Suppose that I have a sequence of $n$ numbers $x_1, \ldots, x_n$ all taken from the real interval $[0,1]$.
I am interested in minimizing the infinity norm of the vector $$ v = \left( \frac{x_{1}}{x_2}, \ldots, \frac{x_{i-1}+x_{i+1}}{x_i}, \dots, \frac{x_{n-1}}{x_n}\right).$$
A few remarks I have observed so far:
- The vector is homogeneous in the $x_i$, so that we can always fix on variable or suppose that the product $x_1,\ldots, x_n$ is fixed to an arbitrary constant (this we can multiply everything by $x_1,\ldots, x_n$ and get coefficients which are polynomials of degree $n-1$).
- The vector $v$ is invariant by the transformation $x_i \mapsto x_{n-i+1}$. I do therefore think that the values of $x_i$ minimizing $\|v\|_\infty$ satisfies $x_{n-i+1}=x_i$.

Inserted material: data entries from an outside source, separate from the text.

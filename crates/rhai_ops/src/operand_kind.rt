//! The constructor of a value, as far as the table distinguishes constructors.
ghost use Rattle.std.specs.Prelude.{◌≡◌, IfSome, IsTrue, List, Some};
ghost use Rattle.rhai_value.specs.declared.cells.store.Cell.{Cell};
ghost use Rattle.rhai_value.specs.Parts.{int_of, text_of};
ghost use Rattle.rhai_ops.specs.Results.{part};
ghost use Rattle.rhai_ops.specs.Table.{operand_kind};

use rhai_text::ImmutableString;
use rhai_value::{Dynamic, INT, Union};

// The constructors that the table names; a map, a function pointer, a host value and a holder are
// none of them.
#[derive(Clone, Copy)]
pub(crate) enum OperandKind {
    Unit,
    Bool,
    Int,
    Str,
    Char,
    Blob,
    Array,
    Other,
}

pub(crate) fn operand_kind_of(value: &Dynamic) -> OperandKind
    ensures { result ≡ operand_kind value.now }
{
    match value.parts() {
        Union::Unit(_, _, _) => OperandKind::Unit,
        Union::Bool(_, _, _) => OperandKind::Bool,
        Union::Int(_, _, _) => OperandKind::Int,
        Union::Str(_, _, _) => OperandKind::Str,
        Union::Char(_, _, _) => OperandKind::Char,
        Union::Blob(_, _, _) => OperandKind::Blob,
        Union::Array(_, _, _) => OperandKind::Array,
        Union::Map(_, _, _) => OperandKind::Other,
        Union::FnPtr(_, _, _) => OperandKind::Other,
        Union::Variant(_, _, _) => OperandKind::Other,
        Union::Shared(_, _, _) => OperandKind::Other,
    }
}

pub(crate) fn is_int(value: &Dynamic) -> bool
    ensures { IsTrue result → operand_kind value.now ≡ OperandKind.Int }
{
    matches!(value.parts(), Union::Int(_, _, _))
}

pub(crate) fn is_text(value: &Dynamic) -> bool
    ensures { IsTrue result → operand_kind value.now ≡ OperandKind.Str }
{
    matches!(value.parts(), Union::Str(_, _, _))
}

// The value's own int, which is then the held one in any store.
#[inline(always)]
#[tactic(auto, using(crate::proofs::Suited::own_part))]
pub(crate) fn own_int(value: &Dynamic) -> Option<INT>
    ensures { (s : List Cell) → IfSome result (λ n. part int_of s value.now ≡ Some n) }
{
    if let Union::Int(_, _, n) = value.parts() {
        return Some(*n);
    }
    None
}

// The same for a text.
#[inline(always)]
#[tactic(auto, using(crate::proofs::Suited::own_part))]
pub(crate) fn own_text(value: &Dynamic) -> Option<&ImmutableString>
    ensures { (s : List Cell) → IfSome result (λ text. part text_of s value.now ≡ Some text.now) }
{
    if let Union::Str(_, _, text) = value.parts() {
        return Some(text);
    }
    None
}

- The analysis for n=3,4 reveals that this is indeed the case and that the coefficients of $v$ are all equal (which seems reasonable)
- Using $x_i = \frac{1}{i(n-i+1)}$ gives an upper bound in $2-\Theta(n^{-2})$
Can we derive better bounds on the value of the minimum ? In particular on its asymptotic? I think that asymptotically the minimum tends to $2$ (kind of a concentration of the norm, somehow), but is $n^{-2}$ the correct speed of convergence?